As security budgets continue to swell in the wake of this year’s horrific school shootings, members of the security industry are pushing for the creation of better support structures for school officials making spending decisions.
One of the organizations leading that charge is the Secure Schools Alliance (SSA), a non-profit calling for a national conversation between education officials, industry leaders and government agencies to provide schools with more guidance and resources at the state level.
“We believe every state should have a School Safety Center,” says Robert Boyd, the executive director of SSA. “We think these standards should be set at the state level because the issues and types of facilities that you’re dealing with in New York are different from Florida and California, and thus the solutions need to be different.”
Boyd says states like Indiana, Texas and Maryland are models for what his group would like to see in states across the country.
For instance, Maryland’s Center for School Safety works with local school systems, law enforcement agencies, community organizations and other groups to coordinate school safety efforts in the state by:
- Providing information on safety best practices, programs and available resources for schools
- Providing technical assistance and training
- Collecting, analyzing and integrating statewide data
- Promoting interagency efforts to ensure safe schools
Having such an accessible hub to promote collaboration gives schools a clear path to making informed, effective security decisions— a particularly useful resource in times like this, when emotions are high and everyone’s looking for answers.
“There’s a rush right now to throw money at the problem,” Boyd says. “On the one hand, it’s great to allocate these resources, but then everybody needs to call a timeout.”
As Security Technologies Advance, Best Practices Remain Essential
There have never been more flashy new security systems for school districts to invest in, but before officials dig into the dizzying features included in each solution, they should conduct a thorough, objective risk assessment.
These assessments are a great way to identify vulnerabilities and prioritize areas for improvement.
“Don’t rush and do what the local salespeople are telling you to do,” Boyd cautions. “School officials are getting bum rushed. Every school needs a safety plan, but they need to step back and think about things just like they would a curriculum plan.”
School officials don’t need to invest in pricey assessments from private organizations either. Instead, Boyd says officials should talk to local law enforcement agencies and consider some of the free tools available online.
For instance, in conjunction with the Police Foundation and school safety expert Dr. Erroll Southers, SSA published a list of free facility security assessment resources at the federal and state levels.
“Every school needs to be evaluated on a case-by-case basis,” Boyd says. “Schools in the same district may need totally different things, and that’s due to things like school design and culture.”
The Secure School Alliance’s legislation tracker lets users select the state they want to learn more about.
From there, Boyd says officials could check out the free Security Plan Checklist offered by the Partner Alliance for Safer Schools, a partner organization of SSA that’s updating its school security guidelines.
SSA is also putting together a list of funding sources available to school districts in addition to partnering with the Police Foundation to conduct research on which states have school security standards already in place.
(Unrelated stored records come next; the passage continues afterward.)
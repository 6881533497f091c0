//! A finder that is made only once it is likely to pay.
ghost use Rattle.std.specs.Prelude.{◌≡◌, IfSome, IsTrue, is_some};
ghost use Rattle.text_search.specs.Searched.{FindsNext};

use crate::end_finder::EndFinder;
use crate::hit_search::{HitSearch, PrefilterSearch};
use crate::strategy::has_use;
use crate::text_search::TextSearch;
use crate::tuning::LEAST_WITH_FINDER;
use lit_plan::Compiled;
use std::alloc::{AllocError, Global};
use text_ends::Hit;

/// The search by a finder, or by the prefilter alone while there is none.
impl HitSearch for Option<EndFinder> {
    ghost serves = { λ finder literals. IfSome finder (λ list. list ≡ literals) };

    fn add_hits(
        &mut self,
        compiled: &Compiled,
        text: &[u8],
        from: usize,
        at: u64,
        most: usize,
        out: &mut Vec<Hit>,
    ) -> Result<usize, AllocError> {
        match self {
            Some(finder) => finder.add_hits(compiled, text, from, at, most, out),
            None => PrefilterSearch.add_hits(compiled, text, from, at, most, out),
        }
    }

    fn add_spans(
        &mut self,
        compiled: &Compiled,
        text: &[u8],
        from: usize,
        most: usize,
        out: &mut Vec<Hit>,
    ) -> Result<usize, AllocError> {
        match self {
            Some(finder) => finder.add_spans(compiled, text, from, most, out),
            None => PrefilterSearch.add_spans(compiled, text, from, most, out),
        }
    }
}

/// The next position of a search's text at which some literal ends, by the finder if there is one, and otherwise by the
/// prefilter alone.
#[inline]
pub fn next_end_by(
    finder: &mut Option<EndFinder>,
    search: &mut TextSearch<'_>,
    from: usize,
) -> Option<usize>
    requires { IfSome finder.old (λ list. list ≡ search.old.plan.literals) }
    ensures same { finder.new ≡ finder.old }
    ensures search { search.new ≡ search.old }
    ensures next { FindsNext search.old.plan.literals search.old.text from result }
{
    match finder {
        Some(finder) => finder.next_end_in(search, from),
        None => search.next_end_after(from),
    }
}

/// Makes a finder, if there is none, once `count` bytes were searched or are about to be, and these are many. There is
/// none for a short list, or if memory is short.
pub fn make_if_long(finder: &mut Option<EndFinder>, alloc: Global, compiled: &Compiled, count: u64)
    requires { IfSome finder.old (λ list. list ≡ compiled.now.literals) }
    ensures plan { IfSome finder.new (λ list. list ≡ compiled.now.literals) }

    // A finder that there is stays.
    ensures kept { IsTrue (is_some finder.old) → finder.new ≡ finder.old }
{
    if finder.is_none() && count >= LEAST_WITH_FINDER && has_use(compiled.list().len()) {
        make(finder, alloc, compiled);
    }
}

/// Makes a finder, if there is memory for one. It stands alone because a function clears room for all that it moves
/// when it begins, and mostly none is made.
#[inline(never)]
fn make(finder: &mut Option<EndFinder>, alloc: Global, compiled: &Compiled)
    ensures { IfSome finder.new (λ list. list ≡ compiled.now.literals) }
{
    *finder = match EndFinder::new(alloc, compiled) {
        Ok(finder) => Some(finder),
        Err(_) => None,
    };
}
As you may have noticed, things are changing quickly right now on that front, so SSA is actively tracking approximately 150 bills on school security across the country.
“The goal is to show that there is no need to reinvent the wheel,” Boyd says. “We’re saying to states, ‘You don’t need a task force that takes all new testimony and takes forever. What you really need is a task force that goes through what we’re providing on what each of the states has done, and then figure out what you want for your state.’”
SSA is waiting until many legislative sessions end in June before releasing the bulk of its findings. Fortunately, that timeline perfectly coincides with a major opportunity to get in front of lawmakers…
The GovSummit and Future Plans
SSA and the Police Foundation will release their preliminary research findings at the Security Industry Association’s annual Government Summit being held in Washington, D.C. at the end of June.
The summit brings hundreds of public and private sector security professionals to the nation’s capital to discuss the government’s role in the face of an evolving— and increasingly technological— security landscape.
So far, the Police Foundation has identified 15 states that have school security standards or may have them soon. The Police Foundation will finish its research over the summer.
SSA, meanwhile, plans to broaden its focus to include the federal government.
Although Boyd doesn’t want overly-broad, unfunded school security mandates, he does think the federal government should play a more prominent role in school safety issues.
“There’s no place for states to look right now,” Boyd says. “We think there needs to be a Center of Excellence centered on school safety and security. The Department of Homeland Security did this for terrorism.”
Boyd envisions a collaborative office based on input from security, education, government and academic officials. He points to initiatives like the Department of Justice’s Bureau of Justice Statistics and the Community Oriented Policing Services (COPS) program as examples.
For SSA, all these efforts are just the latest in what’s been a whirlwind year for the school security industry. SSA has worked with lawmakers on the state level crafting bills and, most notably, helped Senator Orrin Hatch (R-Utah) write the Students, Teachers, and Officers Preventing (STOP) School Violence Act of 2018.
The sweeping national law is just one of many changes coming to an industry that’s never moved faster.
For now, though, Boyd’s advice to school officials with money to spend is simple.
“Breathe,” he says. “Talk to local law enforcement. Talk to state agencies responsible for critical infrastructure protection. Do your homework before you do anything.”